## PROBLEM TO SOLVE
Pull each line containing "that" from the data.

## AVAILABLE DATA

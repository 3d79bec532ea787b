//! The versions of silences that posts and ends make.

ghost use Rattle.std.specs.Prelude.{◌≡◌, ◌≢◌, ◌⊎◌, ◌<◌, ◌≤◌, ◌↔◌, true, false, Err, IfOk, IfErr, OnOk};
ghost use Rattle.am_version_order.specs.Moments.{greatest};
ghost use Rattle.am_version_order.specs.Versions.{IsLive};
ghost use Rattle.am_silence.specs.declared.error.SilenceError.TheVariants as errors;
ghost use Rattle.am_wire.specs.Unknown.{IsUnknown};
ghost use Rattle.am_silence.specs.Mesh.{mesh_version, silence_numbers};
ghost use Rattle.am_silence.specs.States.{state_of, has_expired};
ghost use Rattle.am_silence.specs.Plans.{post_of, silence_of, version_of, new_version, updated_version, ended_in, ended_version};
ghost use Rattle.am_silence.specs.Refusals.{Refuses, ◌when◌, is_too_large};

use crate::error::SilenceError;
use crate::ids::fresh_id;
use crate::iter::MatcherIter;
use crate::mesh::MeshSilence;
use crate::plan::Posted;
use crate::sizes::{SilenceFields, UnknownParts, version_size};
use am_version_order::{Interval, Moment, Version};
use am_wire::{MOST_MESSAGE_BYTES, WireError};
use std::alloc::Global;

// Returns the version of a silence with these fields and unknown ones. It expires one retention after its end.
fn version_of(
    alloc: Global,
    fields: &SilenceFields<'_, MatcherIter<'_>>,
    unknown: &UnknownParts<'_>,
    retention: Interval,
) -> Result<MeshSilence, SilenceError>
    requires { IsUnknown silence_numbers unknown.now }
    ensures made { IfOk result (λ v. v ≡ version_of fields.now unknown.now retention) }
    ensures within { OnOk result (is_too_large (version_of fields.now unknown.now retention) ≡ false) }
    ensures bound { OnOk result (fields.now.ends_at ≤ greatest) }
    ensures live { fields.now.ends_at < greatest →
        IsLive fields.now.ends_at (mesh_version (version_of fields.now unknown.now retention)) }
    ensures too_large { (result ≡ Err errors.TooLarge) ↔ (is_too_large (version_of fields.now unknown.now retention) ≡ true) }
    ensures refused { IfErr result (λ e. (e ≡ errors.Memory) ⊎ (e ≡ errors.TooLarge)) }
{
    let expires_at = fields.ends_at.capped_add(retention);
    match MeshSilence::of_fields(alloc, fields, expires_at, unknown) {
        Ok(version) => Ok(version),
        Err(WireError::TooLarge) => Err(SilenceError::TooLarge),
        Err(_) => Err(SilenceError::Memory),
    }
}

// Returns the posted fields with an identifier, a start, and the moment of the update.
fn posted_fields<'a>(
    id: &'a str,
    starts_at: Moment,
    posted: &'a Posted,
    updated_at: Moment,
) -> SilenceFields<'a, MatcherIter<'a>>
    ensures { result ≡ silence_of id.now starts_at posted.now updated_at }
{
    SilenceFields {
        id,
        matchers: posted.matchers.iter(),
        starts_at,
        ends_at: posted.ends_at,
        updated_at,
        created_by: posted.created_by.as_str(),
        comment: posted.comment.as_str(),
    }
}

/// Returns the new silence that is posted, without unknown fields. A start before now becomes now.
pub fn new_version(
    alloc: Global,
    posted: &Posted,
    now: Moment,
    bits: u128,
    retention: Interval,
) -> Result<MeshSilence, SilenceError>
    ensures made { IfOk result (λ v. v ≡ new_version (post_of posted.now now bits retention)) }
    ensures within { OnOk result (is_too_large (new_version (post_of posted.now now bits retention)) ≡ false) }
    ensures bound { OnOk result (posted.now.ends_at ≤ greatest) }
    ensures too_large { (result ≡ Err errors.TooLarge) ↔
        (is_too_large (new_version (post_of posted.now now bits retention)) ≡ true) }
    ensures refused { IfErr result (λ e. (e ≡ errors.Memory) ⊎ (e ≡ errors.TooLarge)) }
{
    let fresh = fresh_id(bits);
    let starts_at = posted.starts_at.max(now);
    let fields = posted_fields(fresh.as_str(), starts_at, posted, now);
    version_of(alloc, &fields, &UnknownParts::none(), retention)
}

/// Returns the silence as it is posted again, with the unknown fields it had.
pub fn updated_version(
    alloc: Global,
    held: &MeshSilence,
    posted: &Posted,
    now: Moment,
    retention: Interval,
) -> Result<MeshSilence, SilenceError>
    ensures made { IfOk result (λ v. v ≡ updated_version held.now (post_of posted.now now 0 retention)) }
    ensures within { OnOk result (is_too_large (updated_version held.now (post_of posted.now now 0 retention)) ≡ false) }
    ensures bound { OnOk result (posted.now.ends_at ≤ greatest) }
    ensures too_large { (result ≡ Err errors.TooLarge) ↔
        (is_too_large (updated_version held.now (post_of posted.now now 0 retention)) ≡ true) }
    ensures refused { IfErr result (λ e. (e ≡ errors.Memory) ⊎ (e ≡ errors.TooLarge)) }
{
    let fields = posted_fields(held.key().as_str(), posted.starts_at, posted, now);
    version_of(alloc, &fields, &held.unknown(), retention)
}

// Returns the fields of a silence that ends at `now`. A pending one also starts at `now`.
fn ended_fields(held: &MeshSilence, now: Moment) -> SilenceFields<'_, MatcherIter<'_>>
    requires { has_expired held.now.silence now ≡ false }
    ensures { result ≡ ended_in (state_of held.now.silence now) held.now.silence now }
{
    let mut fields = held.fields();
    fields.starts_at = fields.starts_at.min(now);
    fields.ends_at = now;
    fields.updated_at = now;
    fields
}

/// Checks that the version by which the silence ends is not too large. Nothing is allocated.
pub fn check_ended(held: &MeshSilence, now: Moment, retention: Interval) -> Result<(), SilenceError>
    requires { has_expired held.now.silence now ≡ false }
    ensures { Refuses result (errors.TooLarge when is_too_large (ended_version held.now now retention)) }
{
    let fields = ended_fields(held, now);
    let expires_at = fields.ends_at.capped_add(retention);
    if version_size(fields.size(), expires_at, &held.unknown()) > MOST_MESSAGE_BYTES {
        return Err(SilenceError::TooLarge);
    }
    Ok(())
}

/// Returns the silence, ended at `now`, with the unknown fields it had. A pending one also starts at `now`.
pub fn ended_version(
    alloc: Global,
    held: &MeshSilence,
    now: Moment,
    retention: Interval,
) -> Result<MeshSilence, SilenceError>
    requires { has_expired held.now.silence now ≡ false }
    ensures made { IfOk result (λ v. v ≡ ended_version held.now now retention) }
    ensures within { OnOk result (is_too_large (ended_version held.now now retention) ≡ false) }
    ensures live { OnOk result (now < greatest → IsLive now (mesh_version (ended_version held.now now retention))) }
    ensures too_large { (result ≡ Err errors.TooLarge) ↔ (is_too_large (ended_version held.now now retention) ≡ true) }
    ensures refused { IfErr result (λ e. (e ≡ errors.Memory) ⊎ (e ≡ errors.TooLarge)) }
{
    version_of(alloc, &ended_fields(held, now), &held.unknown(), retention)
}
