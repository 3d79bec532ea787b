//! A reader of canonical encodings of versions, as replicas write them, which leaves the parts where they are.

ghost use Rattle.std.specs.Prelude.{◌≡◌, ◌≤◌, ◌<◌, ◌^◌, All, IfSome, length};
ghost use Rattle.am_version_order.specs.Moments.{greatest};
ghost use Rattle.am_wire.specs.Offsets.{StandsAt};
ghost use Rattle.am_wire.specs.Passing.{Passes};
ghost use Rattle.am_wire.specs.Writing.{writes_delimited};
ghost use Rattle.am_silence.specs.MatcherTexts.{writes_matchers};
ghost use Rattle.am_silence.specs.Matchers.{writes_matcher, IsMatcher};
ghost use Rattle.am_silence.specs.Mesh.{bucket_of};
ghost use Rattle.am_silence.specs.Offsets.{StandsBetween, StandIn};
ghost use Rattle.am_silence.specs.Silences.{writes_silence, IsSilence};
ghost use Rattle.am_silence.specs.Canonical.{IsCanonical};

use crate::iter::{HasMatchers, MatcherIter};
use crate::matcher::{MatcherKind, MatcherRef};
use crate::offsets::{Offsets, bucket_place};
use crate::sizes::SilenceFields;
use am_version_order::Moment;
use am_wire::reading::{CanonicalReader, Offset};

/// The parts of a version, and their places in its canonical encoding.
#[derive(Drop)]
pub(crate) struct CanonicalSilence<'a> {
    pub fields: SilenceFields<'a, MatcherIter<'a>>,
    pub expires_at: Moment,
    pub places: Offsets,
}

/// Returns the version that a canonical encoding spells, or `None` if the text isn't canonical.
pub(crate) fn read_version(text: &[u8]) -> Option<CanonicalSilence<'_>>
    ensures { IfSome result (IsCanonical text.now) }
{
    let mut reader = CanonicalReader::new(text);
    let size = reader.prefix(1)?;
    let begun = reader.at();
    let (fields, places) = pass_silence(&mut reader)?;
    if !reader.has_passed(size, begun) {
        return None;
    }
    let expires_at = reader.moment(2)?;
    if !reader.is_over() {
        return None;
    }
    Some(CanonicalSilence {
        fields,
        expires_at,
        places,
    })
}

// Passes the text of a silence.
fn pass_silence<'a>(
    reader: &mut CanonicalReader<'a>,
) -> Option<(SilenceFields<'a, MatcherIter<'a>>, Offsets)>
    ensures passed { IfSome result (λ it. Passes (writes_silence it.0) reader.old reader.new) }
    ensures value { IfSome result (λ it. IsSilence it.0) }
    ensures places { IfSome result (λ it. StandIn it.0 it.1 reader.new.passed) }
{
    let id = reader.text(1)?;
    let (matchers, places) = pass_matchers(reader)?;
    let starts_at = reader.moment(3)?;
    let ends_at = reader.moment(4)?;
    let updated_at = reader.moment(5)?;
    let (created_by, author_place) = reader.placed_text(8)?;
    let (comment, comment_place) = reader.placed_text(9)?;
    let fields = SilenceFields {
        id,
        matchers,
        starts_at,
        ends_at,
        updated_at,
        created_by,
        comment,
    };
    let places = Offsets {
        matchers: places.start,
        matchers_end: places.end,
        created_by: author_place,
        comment: comment_place,
        bucket: places.bucket,
    };
    Some((fields, places))
}

/// The places between which matchers are, and the place of their bucket.
#[derive(Clone, Copy)]
struct MatcherPlaces {
    start: usize,
    end: usize,
    bucket: Offset,
}

// Passes the text of matchers.
fn pass_matchers<'a>(reader: &mut CanonicalReader<'a>) -> Option<(MatcherIter<'a>, MatcherPlaces)>
    ensures passed { IfSome result (λ it. Passes (writes_matchers it.0) reader.old reader.new) }
    ensures values { IfSome result (λ it. All IsMatcher it.0) }
    ensures between { IfSome result (λ it. StandsBetween it.1.start it.1.end (writes_matchers it.0) reader.new.passed) }
    ensures bucket { IfSome result (λ it. StandsAt (bucket_of it.0) it.1.bucket reader.new.passed) }
{
    let start = reader.at();
    let matchers = pass_all(reader)?;
    let end = reader.at();
    let bucket = bucket_place(start, &matchers);
    Some((matchers, MatcherPlaces { start, end, bucket }))
}

// Passes all matchers that follow one another.
fn pass_all<'a>(reader: &mut CanonicalReader<'a>) -> Option<MatcherIter<'a>>
    ensures passed { IfSome result (λ matchers. Passes (writes_matchers matchers) reader.old reader.new) }
    ensures values { IfSome result (All IsMatcher) }
{
    let begun = reader.at();
    while reader.goes_on(2) {
        pass_matcher(reader)?;
    }
    let text = reader.since(begun);
    Some(MatcherIter::over(text))
}

// Passes a matcher, behind its tag and its length.
#[tactic(auto, using(crate::proofs::Passed::matcher_behind))]
fn pass_matcher<'a>(reader: &mut CanonicalReader<'a>) -> Option<MatcherRef<'a>>
    ensures passed { IfSome result (λ matcher. Passes (writes_delimited 2 (writes_matcher matcher)) reader.old reader.new) }
    ensures value { IfSome result IsMatcher }
{
    let size = reader.prefix(2)?;
    let begun = reader.at();
    let matcher = pass_matcher_text(reader)?;
    if !reader.has_passed(size, begun) {
        return None;
    }
    Some(matcher)
}

// Passes the text of a matcher.
#[tactic(auto, using(crate::proofs::Passed::matcher_passed))]
fn pass_matcher_text<'a>(reader: &mut CanonicalReader<'a>) -> Option<MatcherRef<'a>>
    ensures passed { IfSome result (λ matcher. Passes (writes_matcher matcher) reader.old reader.new) }
    ensures value { IfSome result IsMatcher }
{
    let kind = reader.number(1)?;
    if kind > 3 {
        return None;
    }
    let name = reader.text(2)?;
    let pattern = reader.text(3)?;
    Some(MatcherRef::new(MatcherKind::of_number(kind), name, pattern))
}
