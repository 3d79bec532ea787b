//! Faults of the libraries, as their names and numbers.

use am_memberlist::{AnswerError, LzwError};
use am_peers::AddressWord;
use am_reactor::LinkFault;
use am_snapshot::SnapshotError;
use std::fmt::{self, Display, Formatter};
use std::io::ErrorKind;
use std::net::SocketAddr;

/// Writes a name and a number.
fn numbered<W: fmt::Write, N: Display + Drop>(
    f: &mut Formatter<W>,
    name: &str,
    number: N,
) -> fmt::Result {
    write!(f, "{name} {number}")
}

/// Writes the words for a fault of an Alertmanager's answer.
pub fn write_answer_error<W: fmt::Write>(error: &AnswerError, f: &mut Formatter<W>) -> fmt::Result {
    match *error {
        AnswerError::Nothing => f.write_str("Gossip Nothing"),
        AnswerError::Kind(kind) => numbered(f, "Gossip Kind", kind),
        AnswerError::Cut => f.write_str("Gossip Cut"),
        AnswerError::Form => f.write_str("Gossip Form"),
        AnswerError::Compression(way) => numbered(f, "Gossip Compression", way),
        AnswerError::Nodes => f.write_str("Gossip Nodes"),
        AnswerError::Length => f.write_str("Gossip Length"),
        AnswerError::Unpacking(LzwError::Cut) => f.write_str("Gossip Lzw Cut"),
        AnswerError::Unpacking(LzwError::Code) => f.write_str("Gossip Lzw Code"),
        AnswerError::Unpacking(LzwError::TooLong) => f.write_str("Gossip Lzw TooLong"),
        AnswerError::Wire(error) => write!(f, "Gossip {error}"),
        AnswerError::Twice => f.write_str("Gossip Twice"),
        AnswerError::Error => f.write_str("Gossip Error"),
        AnswerError::NoState => f.write_str("Gossip NoState"),
        AnswerError::Row(error) => write!(f, "{}", SnapshotError::from(error)),
        AnswerError::Unpacking(LzwError::Memory) | AnswerError::Memory => f.write_str("Memory"),
    }
}

/// The address of a peer, or 0 if none is known.
#[derive(Clone, Copy)]
struct PeerWord(Option<SocketAddr>);

impl Display for PeerWord {
    fn fmt<W: fmt::Write>(&self, f: &mut Formatter<W>) -> fmt::Result {
        match self.0 {
            Some(address) => write!(f, "{}", AddressWord(address)),
            None => f.write_str("0"),
        }
    }
}

/// Writes the words for a fault of the link to a peer.
pub fn write_link_fault<W: fmt::Write>(
    fault: &LinkFault,
    address: &Option<SocketAddr>,
    f: &mut Formatter<W>,
) -> fmt::Result {
    let peer = PeerWord(*address);
    match *fault {
        LinkFault::Connect(kind) => write!(f, "Connect {kind:?} {peer}"),
        LinkFault::Write { written, .. } | LinkFault::Time { written } => {
            write!(f, "Send Write {peer} {written}")
        }
        LinkFault::Read { read, .. } => write!(f, "Send Read {peer} {read}"),
        LinkFault::Unanswered { read } => write!(f, "Send Challenge {peer} {read}"),
        LinkFault::TooLong => numbered(f, "Send TooLarge", peer),
        LinkFault::Full => numbered(f, "Send Full", peer),
        LinkFault::Memory => numbered(f, "Send Memory", peer),
        LinkFault::NoPeer => numbered(f, "Send NoPeer", peer),
    }
}

/// Writes the words for an address at which nobody can be heard.
pub fn write_listen_fault<W: fmt::Write>(
    kind: &ErrorKind,
    address: &SocketAddr,
    f: &mut Formatter<W>,
) -> fmt::Result {
    let address = AddressWord(*address);
    write!(f, "Listen {kind:?} {address}")
}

## ANSWER SPACE
//! The versions of silences that posts and ends make.
/// Returns the new silence that is posted, without unknown fields. A start before now becomes now.
// Returns the fields of a silence that ends at `now`. A pending one also starts at `now`.
/// Checks that the version by which the silence ends is not too large. Nothing is allocated.
/// Returns the version that a canonical encoding spells, or `None` if the text isn't canonical.
// Passes all matchers that follow one another.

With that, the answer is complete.